Stored data:
__________________________________________________

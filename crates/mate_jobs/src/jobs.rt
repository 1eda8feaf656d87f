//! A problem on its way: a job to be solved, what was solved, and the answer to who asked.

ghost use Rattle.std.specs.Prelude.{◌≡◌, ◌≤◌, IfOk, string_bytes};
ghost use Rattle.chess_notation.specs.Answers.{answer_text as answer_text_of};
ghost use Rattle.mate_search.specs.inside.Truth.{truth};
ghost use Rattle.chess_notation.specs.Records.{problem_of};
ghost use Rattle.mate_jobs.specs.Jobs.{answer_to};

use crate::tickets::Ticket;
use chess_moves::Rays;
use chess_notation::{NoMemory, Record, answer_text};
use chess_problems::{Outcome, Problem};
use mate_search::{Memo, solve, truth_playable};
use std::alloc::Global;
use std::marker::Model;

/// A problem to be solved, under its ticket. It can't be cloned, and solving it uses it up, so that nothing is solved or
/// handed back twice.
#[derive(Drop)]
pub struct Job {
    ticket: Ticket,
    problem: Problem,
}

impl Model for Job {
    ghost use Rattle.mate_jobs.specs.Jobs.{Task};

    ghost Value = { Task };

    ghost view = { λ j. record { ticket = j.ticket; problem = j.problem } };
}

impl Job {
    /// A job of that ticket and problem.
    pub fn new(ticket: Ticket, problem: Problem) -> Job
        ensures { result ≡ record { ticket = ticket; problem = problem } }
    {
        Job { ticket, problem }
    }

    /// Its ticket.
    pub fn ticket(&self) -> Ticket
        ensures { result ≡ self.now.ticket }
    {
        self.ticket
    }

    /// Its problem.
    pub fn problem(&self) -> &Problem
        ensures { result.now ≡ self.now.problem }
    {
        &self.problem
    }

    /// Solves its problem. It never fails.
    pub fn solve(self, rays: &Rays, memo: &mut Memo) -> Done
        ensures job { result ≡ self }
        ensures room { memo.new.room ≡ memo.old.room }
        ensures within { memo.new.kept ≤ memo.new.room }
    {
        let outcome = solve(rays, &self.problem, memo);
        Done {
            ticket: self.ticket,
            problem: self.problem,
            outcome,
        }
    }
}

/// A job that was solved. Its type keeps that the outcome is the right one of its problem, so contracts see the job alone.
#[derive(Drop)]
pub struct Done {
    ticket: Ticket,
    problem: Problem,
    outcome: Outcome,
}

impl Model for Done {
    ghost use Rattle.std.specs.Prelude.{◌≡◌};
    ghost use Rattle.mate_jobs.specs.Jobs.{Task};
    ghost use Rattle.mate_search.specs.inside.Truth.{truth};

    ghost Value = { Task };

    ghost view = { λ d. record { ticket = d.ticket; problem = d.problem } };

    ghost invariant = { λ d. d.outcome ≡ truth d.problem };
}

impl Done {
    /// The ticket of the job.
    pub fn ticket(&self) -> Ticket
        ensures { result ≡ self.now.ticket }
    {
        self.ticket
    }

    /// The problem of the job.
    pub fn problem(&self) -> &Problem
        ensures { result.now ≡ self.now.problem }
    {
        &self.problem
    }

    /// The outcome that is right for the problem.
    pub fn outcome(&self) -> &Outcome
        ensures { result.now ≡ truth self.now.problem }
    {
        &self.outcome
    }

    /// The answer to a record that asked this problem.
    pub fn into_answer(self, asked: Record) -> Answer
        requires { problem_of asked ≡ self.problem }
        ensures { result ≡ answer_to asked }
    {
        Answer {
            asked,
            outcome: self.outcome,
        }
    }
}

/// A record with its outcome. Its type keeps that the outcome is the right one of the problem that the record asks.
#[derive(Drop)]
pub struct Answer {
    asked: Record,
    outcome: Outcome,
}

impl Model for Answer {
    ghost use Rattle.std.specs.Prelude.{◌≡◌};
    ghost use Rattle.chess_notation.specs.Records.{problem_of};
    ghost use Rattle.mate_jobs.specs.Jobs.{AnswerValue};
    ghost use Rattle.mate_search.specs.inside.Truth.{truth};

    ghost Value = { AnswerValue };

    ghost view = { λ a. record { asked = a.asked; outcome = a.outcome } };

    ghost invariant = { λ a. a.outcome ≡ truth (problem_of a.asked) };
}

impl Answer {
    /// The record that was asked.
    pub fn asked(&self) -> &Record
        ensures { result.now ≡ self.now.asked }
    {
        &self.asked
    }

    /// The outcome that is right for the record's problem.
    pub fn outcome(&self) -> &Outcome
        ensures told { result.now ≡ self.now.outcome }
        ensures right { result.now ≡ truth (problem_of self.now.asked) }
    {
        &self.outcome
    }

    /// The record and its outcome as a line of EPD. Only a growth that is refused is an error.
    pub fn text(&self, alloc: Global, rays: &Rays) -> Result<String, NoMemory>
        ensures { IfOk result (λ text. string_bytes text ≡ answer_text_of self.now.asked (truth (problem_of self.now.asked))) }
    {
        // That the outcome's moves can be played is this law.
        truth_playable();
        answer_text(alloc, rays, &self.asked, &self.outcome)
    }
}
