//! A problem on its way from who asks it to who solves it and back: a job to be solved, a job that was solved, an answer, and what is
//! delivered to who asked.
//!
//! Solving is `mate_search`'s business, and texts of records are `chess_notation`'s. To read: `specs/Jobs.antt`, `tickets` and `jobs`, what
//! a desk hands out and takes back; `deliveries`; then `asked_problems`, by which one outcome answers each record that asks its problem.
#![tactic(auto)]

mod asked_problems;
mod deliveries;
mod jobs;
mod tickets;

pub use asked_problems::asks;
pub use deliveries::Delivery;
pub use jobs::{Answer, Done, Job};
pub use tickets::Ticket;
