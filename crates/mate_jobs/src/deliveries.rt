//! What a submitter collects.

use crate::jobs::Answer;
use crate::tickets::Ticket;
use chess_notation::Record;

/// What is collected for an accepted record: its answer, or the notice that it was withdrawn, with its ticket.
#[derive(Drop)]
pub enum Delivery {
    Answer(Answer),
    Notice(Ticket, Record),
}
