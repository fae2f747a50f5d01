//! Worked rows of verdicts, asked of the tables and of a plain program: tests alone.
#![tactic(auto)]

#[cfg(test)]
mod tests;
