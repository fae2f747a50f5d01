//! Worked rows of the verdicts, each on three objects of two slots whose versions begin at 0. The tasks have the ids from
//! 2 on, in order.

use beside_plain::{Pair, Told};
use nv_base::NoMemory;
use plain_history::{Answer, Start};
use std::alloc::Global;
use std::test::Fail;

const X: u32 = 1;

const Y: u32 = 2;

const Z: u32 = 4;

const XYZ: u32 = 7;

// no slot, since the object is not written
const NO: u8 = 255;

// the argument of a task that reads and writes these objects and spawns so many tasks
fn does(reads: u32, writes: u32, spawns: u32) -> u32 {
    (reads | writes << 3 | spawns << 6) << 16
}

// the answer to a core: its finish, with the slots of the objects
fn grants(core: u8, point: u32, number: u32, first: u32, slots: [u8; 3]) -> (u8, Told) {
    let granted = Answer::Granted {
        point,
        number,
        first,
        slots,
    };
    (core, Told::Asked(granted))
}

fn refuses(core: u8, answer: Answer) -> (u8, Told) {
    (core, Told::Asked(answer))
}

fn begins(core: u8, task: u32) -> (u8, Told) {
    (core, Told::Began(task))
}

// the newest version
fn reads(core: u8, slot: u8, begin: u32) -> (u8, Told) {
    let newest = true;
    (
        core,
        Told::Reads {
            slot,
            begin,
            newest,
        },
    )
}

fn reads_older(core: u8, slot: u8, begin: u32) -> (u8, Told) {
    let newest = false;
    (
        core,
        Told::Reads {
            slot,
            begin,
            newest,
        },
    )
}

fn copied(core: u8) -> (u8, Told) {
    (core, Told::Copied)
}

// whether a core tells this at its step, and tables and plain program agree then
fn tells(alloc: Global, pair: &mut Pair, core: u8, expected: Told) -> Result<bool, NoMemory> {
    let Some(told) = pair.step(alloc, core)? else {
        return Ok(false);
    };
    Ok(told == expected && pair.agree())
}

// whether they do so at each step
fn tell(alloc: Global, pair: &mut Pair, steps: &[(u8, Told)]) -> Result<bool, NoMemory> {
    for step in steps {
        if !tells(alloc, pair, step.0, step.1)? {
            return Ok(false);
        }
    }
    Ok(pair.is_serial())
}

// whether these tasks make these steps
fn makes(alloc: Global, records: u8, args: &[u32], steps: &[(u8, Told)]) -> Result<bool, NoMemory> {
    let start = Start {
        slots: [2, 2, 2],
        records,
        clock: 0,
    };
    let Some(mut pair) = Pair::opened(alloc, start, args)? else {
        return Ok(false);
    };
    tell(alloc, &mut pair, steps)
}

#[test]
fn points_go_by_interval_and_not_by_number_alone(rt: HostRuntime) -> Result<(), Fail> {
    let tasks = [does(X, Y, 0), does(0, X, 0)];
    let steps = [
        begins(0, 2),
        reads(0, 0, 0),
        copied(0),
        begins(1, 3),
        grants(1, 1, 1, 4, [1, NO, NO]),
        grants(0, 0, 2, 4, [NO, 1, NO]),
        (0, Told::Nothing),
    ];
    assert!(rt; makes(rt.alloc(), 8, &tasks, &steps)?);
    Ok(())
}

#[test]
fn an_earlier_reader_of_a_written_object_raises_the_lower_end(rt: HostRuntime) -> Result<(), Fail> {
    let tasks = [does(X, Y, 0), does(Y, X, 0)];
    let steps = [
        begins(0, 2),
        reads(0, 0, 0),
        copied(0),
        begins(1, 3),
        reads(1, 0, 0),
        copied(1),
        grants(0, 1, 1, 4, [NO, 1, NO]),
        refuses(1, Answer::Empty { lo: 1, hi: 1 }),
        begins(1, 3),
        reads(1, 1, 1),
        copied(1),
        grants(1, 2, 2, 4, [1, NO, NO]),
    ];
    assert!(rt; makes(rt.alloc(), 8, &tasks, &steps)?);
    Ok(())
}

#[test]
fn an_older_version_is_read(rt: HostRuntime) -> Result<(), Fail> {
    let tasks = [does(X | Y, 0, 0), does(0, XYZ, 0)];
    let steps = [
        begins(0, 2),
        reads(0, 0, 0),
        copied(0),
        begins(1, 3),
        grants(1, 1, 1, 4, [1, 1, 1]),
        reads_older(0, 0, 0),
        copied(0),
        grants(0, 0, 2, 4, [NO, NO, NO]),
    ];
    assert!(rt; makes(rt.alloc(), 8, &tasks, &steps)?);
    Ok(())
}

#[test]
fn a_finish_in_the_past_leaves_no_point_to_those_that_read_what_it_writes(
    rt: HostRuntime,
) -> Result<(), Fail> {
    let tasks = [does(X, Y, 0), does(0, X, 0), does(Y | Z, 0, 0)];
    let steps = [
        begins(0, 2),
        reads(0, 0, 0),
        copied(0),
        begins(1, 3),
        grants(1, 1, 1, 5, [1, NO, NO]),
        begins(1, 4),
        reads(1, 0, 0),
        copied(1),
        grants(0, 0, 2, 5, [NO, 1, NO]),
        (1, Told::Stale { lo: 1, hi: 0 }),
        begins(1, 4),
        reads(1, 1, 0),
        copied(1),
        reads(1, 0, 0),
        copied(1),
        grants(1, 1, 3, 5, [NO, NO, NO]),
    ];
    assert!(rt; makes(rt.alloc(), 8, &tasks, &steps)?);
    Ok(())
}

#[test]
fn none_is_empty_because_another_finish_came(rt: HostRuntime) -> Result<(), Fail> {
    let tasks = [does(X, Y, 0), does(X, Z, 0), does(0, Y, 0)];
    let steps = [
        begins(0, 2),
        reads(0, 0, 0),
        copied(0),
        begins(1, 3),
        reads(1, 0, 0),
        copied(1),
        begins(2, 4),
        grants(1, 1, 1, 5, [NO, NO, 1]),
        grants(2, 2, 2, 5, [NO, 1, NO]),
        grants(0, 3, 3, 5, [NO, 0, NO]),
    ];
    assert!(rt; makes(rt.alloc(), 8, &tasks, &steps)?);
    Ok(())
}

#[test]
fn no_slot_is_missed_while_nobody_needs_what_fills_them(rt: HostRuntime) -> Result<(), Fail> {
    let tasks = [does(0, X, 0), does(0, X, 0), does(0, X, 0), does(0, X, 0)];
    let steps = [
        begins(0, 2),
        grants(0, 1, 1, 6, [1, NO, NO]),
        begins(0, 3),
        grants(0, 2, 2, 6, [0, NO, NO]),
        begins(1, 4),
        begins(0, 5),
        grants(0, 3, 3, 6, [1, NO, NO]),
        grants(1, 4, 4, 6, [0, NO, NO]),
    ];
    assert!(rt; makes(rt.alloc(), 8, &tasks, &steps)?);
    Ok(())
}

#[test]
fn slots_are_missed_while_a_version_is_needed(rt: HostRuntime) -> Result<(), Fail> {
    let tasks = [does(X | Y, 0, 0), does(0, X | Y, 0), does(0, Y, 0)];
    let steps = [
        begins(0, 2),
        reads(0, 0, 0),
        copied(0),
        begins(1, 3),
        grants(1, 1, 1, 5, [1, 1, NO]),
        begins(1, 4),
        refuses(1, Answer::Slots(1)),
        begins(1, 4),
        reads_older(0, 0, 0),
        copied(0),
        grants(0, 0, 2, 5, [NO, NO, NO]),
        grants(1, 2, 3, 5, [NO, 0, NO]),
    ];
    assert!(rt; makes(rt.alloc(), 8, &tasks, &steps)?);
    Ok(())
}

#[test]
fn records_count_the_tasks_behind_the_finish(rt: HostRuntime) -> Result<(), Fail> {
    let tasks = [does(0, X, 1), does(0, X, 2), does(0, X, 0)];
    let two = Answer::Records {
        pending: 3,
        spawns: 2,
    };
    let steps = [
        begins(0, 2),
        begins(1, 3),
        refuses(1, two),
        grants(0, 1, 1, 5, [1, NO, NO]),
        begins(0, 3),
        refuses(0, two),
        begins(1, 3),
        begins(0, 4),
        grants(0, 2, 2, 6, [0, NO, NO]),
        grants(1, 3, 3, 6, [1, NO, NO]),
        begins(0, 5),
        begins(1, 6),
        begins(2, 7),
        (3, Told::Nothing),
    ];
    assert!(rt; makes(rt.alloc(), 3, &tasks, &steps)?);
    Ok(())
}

__________________________________________________

__Action item__. Quote in full each line from the top of the records above through the line with "ticket and problem."; stop after that line.

__Response box__.
filename crates/mate_jobs/src/jobs.rt
repository 1eda8feaf656d87f
//! A problem on its way: a job to be solved, what was solved, and the answer to who asked.

ghost use Rattle.std.specs.Prelude.{◌≡◌, ◌≤◌, IfOk, string_bytes};
ghost use Rattle.chess_notation.specs.Answers.{answer_text as answer_text_of};
ghost use Rattle.mate_search.specs.inside.Truth.{truth};
ghost use Rattle.chess_notation.specs.Records.{problem_of};
ghost use Rattle.mate_jobs.specs.Jobs.{answer_to};

use crate::tickets::Ticket;
use chess_moves::Rays;
use chess_notation::{NoMemory, Record, answer_text};
use chess_problems::{Outcome, Problem};
use mate_search::{Memo, solve, truth_playable};
use std::alloc::Global;
use std::marker::Model;

/// A problem to be solved, under its ticket. It can't be cloned, and solving it uses it up, so that nothing is solved or
/// handed back twice.
#[derive(Drop)]
pub struct Job {
    ticket: Ticket,
    problem: Problem,
}

impl Model for Job {
    ghost use Rattle.mate_jobs.specs.Jobs.{Task};

    ghost Value = { Task };

    ghost view = { λ j. record { ticket = j.ticket; problem = j.problem } };
}

impl Job {
    /// A job of that ticket and problem.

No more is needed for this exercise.